Saved entries:
__________

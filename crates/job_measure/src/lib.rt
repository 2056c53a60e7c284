// The areas of all locals of a job, one behind another in item order, and the table of their items.
#![tactic(auto)]

ghost use Rattle.std.specs.Prelude.{◌+◌, ◌*◌, ◌≤◌, ◌<◌};
ghost use Rattle.job_measure.specs.Inner.{most_in, Ready, Next, MeasuredLocals};

use area_flow::Grid;
use area_measure::Listing;
use area_pieces::Local;
use follow::Sizes;
use job_spots::Places;
use reach::Lay;
use words::widths::block;

// Follows local l, fetches its touches and ends and puts its area behind the `total` ranges so far; an unfollowed local has none.
fn measure_next(
    blocks: &[u32],
    insts: &[u32],
    addresses: &[u32],
    ends: &[u32],
    pieces: &[u32],
    work: &mut [u64],
    lay: Lay,
    p: Places,
    z: Sizes,
    g: Grid,
    mark: usize,
    o: Listing,
    l: usize,
    total: usize,
) -> usize
    requires ready { Ready blocks.now insts.now addresses.now ends.now pieces.now lay p z g mark o work.old }
    requires l_lt_locals { (l < z.locals) × (total ≤ l * most_in blocks.now addresses.now pieces.now) }
    ensures { Next blocks.now insts.now addresses.now ends.now pieces.now lay p z g mark o l total work.old
        work.new result }
{
    let f = job_spots::fetch::fetch(insts, addresses, ends, pieces, work, lay, p, z, l);
    let k = f.kind;
    if job_spots::fetch::unfollowed(k) {
        work[o.items + l] = 0;
        return total;
    }
    let row = g.to + l * g.width;
    let span = mark + g.width;
    let to = span + blocks.len() / block::WIDTH;
    area_measure::measure_one(
        blocks,
        work,
        kind_numbers::number(k),
        f.spots,
        Local {
            row: row,
            wide: g.width,
            written: g.written,
            read: g.read,
            words: g.words,
            local: l,
            mark: mark,
            span: span,
            to: to,
        },
        o,
        total,
    )
}

// The areas of all locals in item order, where they fit, and the table of items; how many ranges they have together.
pub fn measure_locals(
    blocks: &[u32],
    insts: &[u32],
    addresses: &[u32],
    ends: &[u32],
    pieces: &[u32],
    work: &mut [u64],
    lay: Lay,
    p: Places,
    z: Sizes,
    g: Grid,
    mark: usize,
    o: Listing,
) -> usize
    requires { Ready blocks.now insts.now addresses.now ends.now pieces.now lay p z g mark o work.old }
    ensures { MeasuredLocals blocks.now insts.now addresses.now ends.now pieces.now lay p z g mark o work.old
        work.new result }
{
    let mut total = 0;
    for l in 0..z.locals {
        total = measure_next(
            blocks, insts, addresses, ends, pieces, work, lay, p, z, g, mark, o, l, total,
        );
    }
    total
}
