#![tactic(auto)]
// A noisy capture of Intel HEX saved: a clean file of the records that can be relied on, and a list of the lines that were dropped.
ghost use Rattle.std.specs.Prelude.{◌≡◌, true, ◌+◌, ◌*◌, ◌≤◌, length};
ghost use Rattle.digits.specs.Common.{pasted};
ghost use Rattle.reader.specs.Told.{refusal_of};
ghost use Rattle.reader.specs.Text.{new_state};
ghost use Rattle.intel.specs.Records.{Short};
ghost use Rattle.salvage.specs.Salvage.{past_refusals, refused};
ghost use Rattle.salvage.specs.Told.{Salvages};
ghost use Rattle.salvage.specs.Helpers.{Tells, SortsRecord, UnderWay, SortsNext, less, WithLine, WithEntry, LineLength, Surveyed, PutLine, PutEntry, Fits, WroteAll};

use reader::{ReaderError, ReaderOptions, State, Values};
use record::{Record, char_counts, payload_sizes, refusals};

// How many bytes an entry of the list has.
const ENTRY: usize = 16;

// How many bytes each number of an entry has: why, each of its two values, the line.
const WHY: usize = 4;

const VALUE: usize = 2;

const LINE: usize = 8;

// Why a line is dropped that is a data record: the base is not known.
const BASE_UNKNOWN: u8 = 0;

// Why nothing is saved.
#[derive(Clone, Copy)]
pub enum SalvageError {
    OutputFull,
    ListFull,
}

// What was saved: the length of the clean file, and how many entries the list has.
#[derive(Clone, Copy)]
pub struct Saved {
    pub length: usize,
    pub entries: usize,
}

// What a salvage returns.
pub type Salvaged = Result<Saved, SalvageError>;

// A dropped line: its number, the number of the reason, and its values, 0 where there is none.
#[derive(Clone, Copy)]
struct Entry {
    line: usize,
    why: u8,
    a: u16,
    b: u16,
}

// The entry of an added end record.
const END_ADDED: Entry = Entry {
    line: 0,
    why: refusals::MISSING_END_OF_FILE_RECORD,
    a: 0,
    b: 0,
};

// Where a pass stands in a text, and whether the base in force there is known.
#[derive(Clone, Copy)]
struct Walk {
    state: State,
    known: bool,
}

// What the next line comes to.
#[derive(Clone, Copy)]
enum Turn {
    // Its record is saved, and the walk goes on.
    Keeps(Record, Walk),
    // It is dropped, and the walk goes on.
    Drops(Entry, Walk),
    // It is the end record.
    Ends,
    // There is none: the text has no end record.
    Missing,
}

// What is left of the output and of the places of the list; none of what was too little.
#[derive(Clone, Copy)]
struct Spare {
    space: Option<usize>,
    places: Option<usize>,
}

// What is left when so much more is taken.
fn without(left: Option<usize>, taken: usize) -> Option<usize>
    ensures { result ≡ less left taken }
{
    left?.checked_sub(taken)
}

impl Spare {
    // With a line of so many characters and its LF.
    fn with_line(self, n: usize) -> Spare
        ensures { WithLine self n result }
    {
        Spare {
            space: without(without(self.space, n), 1),
            ..self
        }
    }

    // With an entry.
    fn with_entry(self) -> Spare
        ensures { WithEntry self result }
    {
        Spare {
            places: without(self.places, 1),
            ..self
        }
    }
}

// How many characters the line of a record has.
fn line_length(given: Record) -> usize
    requires { Short given }
    ensures { LineLength given result }
{
    match given {
        Record::Data { len, .. } => char_counts::NO_PAYLOAD + 2 * len,
        Record::EndOfFile => char_counts::NO_PAYLOAD,
        Record::ExtendedSegmentAddress(_) | Record::ExtendedLinearAddress(_) => {
            char_counts::TWO_BYTES
        }
        Record::StartSegmentAddress { .. } | Record::StartLinearAddress(_) => {
            char_counts::FOUR_BYTES
        }
    }
}

// The entry of a refused line.
fn entry_of(e: ReaderError, line: usize) -> Entry
    ensures { Tells result line (refused (refusal_of e)) }
{
    let figures = e.figures();
    let (a, b) = match figures.values {
        Values::Nothing => (0, 0),
        Values::Position(place) => (place, 0),
        Values::Byte(byte) => (u16::from(byte), 0),
        Values::Bytes(first, second) => (u16::from(first), u16::from(second)),
    };
    Entry {
        line,
        why: figures.number,
        a,
        b,
    }
}

// What a record comes to. The walk stands after its line.
fn sort_record(state: State, known: bool, given: Record) -> Turn
    ensures { SortsRecord state known given result }
{
    match given {
        Record::Data { .. } => {
            let next = Walk { state, known };
            if known {
                Turn::Keeps(given, next)
            } else {
                Turn::Drops(
                    Entry {
                        line: state.line,
                        why: BASE_UNKNOWN,
                        a: 0,
                        b: 0,
                    },
                    next,
                )
            }
        }
        Record::EndOfFile => Turn::Ends,
        Record::ExtendedSegmentAddress(_) | Record::ExtendedLinearAddress(_) => {
            Turn::Keeps(given, Walk { state, known: true })
        }
        Record::StartSegmentAddress { .. } | Record::StartLinearAddress(_) => {
            Turn::Keeps(given, Walk { state, known })
        }
    }
}

// What the next line comes to.
fn sort_next(text: &[u8], pool: &mut [u8], w: Walk) -> Turn
    requires { UnderWay text.now w × (length pool.old ≡ 255) }
    ensures { SortsNext text.now w pool.new result }
{
    let step = w.state.next(text, pool, 0);
    let Some(answer) = step.reply else {
        return Turn::Missing;
    };
    match answer {
        Ok(given) => sort_record(step.state, w.known, given),
        Err(e) => Turn::Drops(
            entry_of(e, step.state.line),
            Walk {
                state: step.state,
                known: false,
            },
        ),
    }
}

// At the beginning of a text, where the base is known. Reading goes on past refused lines and ends at the first end record.
fn begin() -> Walk
    ensures { result ≡ record { state = new_state past_refusals; known = true } }
{
    Walk {
        state: State::new_with_options(ReaderOptions {
            stop_after_first_error: false,
            stop_after_eof: true,
        }),
        known: true,
    }
}

// The first pass: what a salvage leaves of an output of this length and of so many places. Nothing is written.
// A loop: each turn takes a whole line, so there is no index to count. No iterator walks the lines for both passes, since a record lies in the pool that the next turn overwrites.
fn survey(text: &[u8], space: usize, places: usize) -> Spare
    ensures { Surveyed text.now space places result }
{
    let mut pool = [0u8; payload_sizes::MOST_DATA];
    let mut w = begin();
    let mut spare = Spare {
        space: Some(space),
        places: Some(places),
    };
    loop {
        match sort_next(text, &mut pool, w) {
            Turn::Keeps(given, next) => {
                spare = spare.with_line(line_length(given));
                w = next;
            }
            Turn::Drops(_, next) => {
                spare = spare.with_entry();
                w = next;
            }
            Turn::Ends => return spare.with_line(char_counts::NO_PAYLOAD),
            Turn::Missing => {
                return spare.with_line(char_counts::NO_PAYLOAD).with_entry();
            }
        }
    }
}

// Bytes put into the list, from a place on.
fn put_bytes(bytes: &[u8], list: &mut [u8], at: usize)
    requires { at + length bytes.now ≤ length list.old }
    ensures { list.new ≡ pasted list.old at bytes.now }
{
    copying::copy(bytes, &mut list[at..]);
}

// An entry at its place of the list.
fn put_entry(e: Entry, list: &mut [u8], place: usize)
    requires { 16 * place + 16 ≤ length list.old }
    ensures { PutEntry e list.old place list.new }
{
    let at = ENTRY * place;
    put_bytes(&u32::from(e.why).to_le_bytes(), list, at);
    put_bytes(&e.a.to_le_bytes(), list, at + WHY);
    put_bytes(&e.b.to_le_bytes(), list, at + WHY + VALUE);
    put_bytes(
        &(e.line as u64).to_le_bytes(),
        list,
        at + WHY + VALUE + VALUE,
    );
}

// The line of a record and its LF, and the place after them.
fn put_line(given: Record, pool: &[u8], out: &mut [u8], at: usize) -> usize
    ensures { PutLine given pool.now out.old at result out.new }
{
    writer::write_step(given, pool, out, at).unwrap_or(at)
}

// The second pass: the clean file and the list, where both fit.
fn write_all(text: &[u8], out: &mut [u8], list: &mut [u8])
    requires { Fits text.now out.old list.old }
    ensures { WroteAll text.now out.old list.old out.new list.new }
{
    let mut pool = [0u8; payload_sizes::MOST_DATA];
    let mut w = begin();
    let mut at = 0;
    let mut place = 0;
    loop {
        match sort_next(text, &mut pool, w) {
            Turn::Keeps(given, next) => {
                at = put_line(given, &pool, out, at);
                w = next;
            }
            Turn::Drops(e, next) => {
                put_entry(e, list, place);
                place += 1;
                w = next;
            }
            Turn::Ends => {
                put_line(Record::EndOfFile, &pool, out, at);
                return;
            }
            Turn::Missing => {
                put_line(Record::EndOfFile, &pool, out, at);
                put_entry(END_ADDED, list, place);
                return;
            }
        }
    }
}

// Saves what can be saved of a text: the clean file goes into the output, and what was dropped into the list, 16 bytes an entry.
pub fn salvage(text: &[u8], out: &mut [u8], list: &mut [u8]) -> Salvaged
    ensures { Salvages text.now out.old list.old result out.new list.new }
{
    let places = list.len() / ENTRY;
    let spare = survey(text, out.len(), places);
    let Some(space) = spare.space else {
        return Err(SalvageError::OutputFull);
    };
    let Some(left) = spare.places else {
        return Err(SalvageError::ListFull);
    };
    write_all(text, out, list);
    Ok(Saved {
        length: out.len() - space,
        entries: places - left,
    })
}
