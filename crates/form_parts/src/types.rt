//! Types of the form: each is one word, or a pointer to one.

ghost use Rattle.std.specs.Prelude.{◌≡◌};
ghost use Rattle.std.specs.Option.{option_copied};
ghost use Rattle.form_parts.specs.Layers as layer;
ghost use Rattle.form_parts.specs.Types as spec;

use c_grammar::{BasicWord, Declarator, Specifier, Specs, TypePhrase};
use plain_meaning::Target;
use token_texts::TokenTexts;

/// The one that there is, where there is one alone.
pub fn only<T>(all: &[T]) -> Option<&T>
    ensures { option_copied result ≡ layer.only all.now }
{
    match all {
        [one] => Some(one),
        _ => None,
    }
}

#[tactic(auto, unfolding(crate::specs::Types::word_of))]
fn word_of(specifier: &Specifier) -> Option<BasicWord>
    ensures { result ≡ spec.word_of specifier.now }
{
    match specifier {
        Specifier::Basic(_, word) => Some(*word),
        _ => None,
    }
}

/// The word that the specifiers are.
#[tactic(auto, unfolding(crate::specs::Types::lone_word))]
fn lone_word(specs: &Specs) -> Option<BasicWord>
    ensures { result ≡ spec.lone_word specs.now }
{
    match only(specs.words.as_slice()) {
        Some(specifier) => word_of(specifier),
        None => None,
    }
}

/// What a pointer points to that is declared with the specifiers.
#[tactic(auto, unfolding(crate::specs::Types::target))]
pub fn target(specs: &Specs) -> Option<Target>
    ensures { result ≡ spec.target specs.now }
{
    match lone_word(specs) {
        Some(BasicWord::Int) => Some(Target::Int),
        Some(BasicWord::Char) => Some(Target::Char),
        _ => None,
    }
}

#[tactic(auto, unfolding(crate::specs::Types::is_void))]
pub fn is_void(specs: &Specs) -> bool
    ensures { result ≡ spec.is_void specs.now }
{
    match lone_word(specs) {
        Some(BasicWord::Void) => true,
        _ => false,
    }
}

/// The name that a declarator is.
#[tactic(auto, unfolding(crate::specs::Types::declared_name))]
pub fn declared_name(texts: &TokenTexts, declarator: &Declarator) -> Option<u32>
    ensures { result ≡ spec.declared_name texts.now declarator.now }
{
    match declarator {
        Declarator::Name(place) => Some(texts.number(place.token)),
        _ => None,
    }
}

/// What stands after the `*` of a declarator, if no qualifiers do.
#[tactic(auto, unfolding(crate::specs::Types::after_star))]
pub fn after_star(declarator: &Declarator) -> Option<&Declarator>
    ensures { option_copied result ≡ spec.after_star declarator.now }
{
    match declarator {
        Declarator::Pointer(_, qualifiers, inner) => {
            if qualifiers.len() == 0 {
                Some(inner.get())
            } else {
                None
            }
        }
        _ => None,
    }
}

#[tactic(auto, unfolding(crate::specs::Types::is_unnamed))]
fn is_unnamed(declarator: &Declarator) -> bool
    ensures { result ≡ spec.is_unnamed declarator.now }
{
    match declarator {
        Declarator::Unnamed => true,
        _ => false,
    }
}

/// What a type points to that is `int *` or `char *`.
#[tactic(auto, unfolding(crate::specs::Types::pointer_target))]
pub fn pointer_target(type_phrase: &TypePhrase) -> Option<Target>
    ensures { result ≡ spec.pointer_target type_phrase.now }
{
    match after_star(&type_phrase.declarator) {
        Some(inner) => {
            if is_unnamed(inner) {
                target(&type_phrase.specs)
            } else {
                None
            }
        }
        None => None,
    }
}
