//! Names of variables, and what stands where a pointer is given.

ghost use Rattle.std.specs.Prelude.{◌≡◌};
ghost use Rattle.form_parts.specs.Pointers as spec;

use crate::reserved::is_malloc;
use crate::scope::Scope;
use crate::types::{only, pointer_target};
use c_grammar::Expression;
use c_tokens::NumType;
use plain_meaning::{Pointer, Target};
use token_texts::TokenTexts;

/// The name that an expression is.
#[tactic(auto, unfolding(crate::specs::Pointers::lone_name))]
pub fn lone_name(texts: &TokenTexts, expression: &Expression) -> Option<u32>
    ensures { result ≡ spec.lone_name texts.now expression.now }
{
    match expression {
        Expression::Name(place) => Some(texts.number(place.token)),
        _ => None,
    }
}

/// The pointer that an expression names.
#[tactic(auto, unfolding(crate::specs::Pointers::pointer))]
pub fn pointer(texts: &TokenTexts, scope: &Scope, expression: &Expression) -> Option<Pointer>
    ensures { result ≡ spec.pointer texts.now scope.now expression.now }
{
    match lone_name(texts, expression) {
        Some(name) => scope.pointer(name),
        None => None,
    }
}

fn is_same_target(one: Target, other: Target) -> bool
    ensures { result ≡ spec.is_same_target one other }
{
    match (one, other) {
        (Target::Int, Target::Int) => true,
        (Target::Char, Target::Char) => true,
        _ => false,
    }
}

/// `(TARGET *)NAME`: the pointer that is converted.
#[tactic(auto, unfolding(crate::specs::Pointers::cast))]
pub fn cast(
    texts: &TokenTexts,
    scope: &Scope,
    target: Target,
    expression: &Expression,
) -> Option<Pointer>
    ensures { result ≡ spec.cast texts.now scope.now target expression.now }
{
    match expression {
        Expression::Cast(_, type_phrase, operand) => {
            let found = pointer_target(type_phrase.get())?;
            if is_same_target(found, target) {
                pointer(texts, scope, operand.get())
            } else {
                None
            }
        }
        _ => None,
    }
}

/// A number of bytes from 0 to 31.
#[tactic(auto, unfolding(crate::specs::Pointers::size))]
fn size(expression: &Expression) -> Option<u32>
    ensures { result ≡ spec.size expression.now }
{
    match expression {
        Expression::Number(_, size, NumType::Int) if *size < 32 => Some(*size as u32),
        _ => None,
    }
}

/// `malloc(SIZE)`: the size.
#[tactic(auto, unfolding(crate::specs::Pointers::malloc))]
pub fn malloc(texts: &TokenTexts, expression: &Expression) -> Option<u32>
    ensures { result ≡ spec.malloc texts.now expression.now }
{
    match expression {
        Expression::Call(_, function, arguments) => {
            let name = lone_name(texts, function.get())?;
            if is_malloc(texts.name(name)) {
                size(only(arguments.as_slice())?)
            } else {
                None
            }
        }
        _ => None,
    }
}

__________

== Exercise details ==
Return, line for line and unchanged, the data from its first line through the line containing "use words::widths::block;".

== Exercise answer ==
filename crates/job_measure/src/lib.rt
repository 2056c53a60e7c284
// The areas of all locals of a job, one behind another in item order, and the table of their items.
#![tactic(auto)]

ghost use Rattle.std.specs.Prelude.{◌+◌, ◌*◌, ◌≤◌, ◌<◌};
ghost use Rattle.job_measure.specs.Inner.{most_in, Ready, Next, MeasuredLocals};

use area_flow::Grid;
use area_measure::Listing;
use area_pieces::Local;
use follow::Sizes;
use job_spots::Places;
use reach::Lay;
use words::widths::block;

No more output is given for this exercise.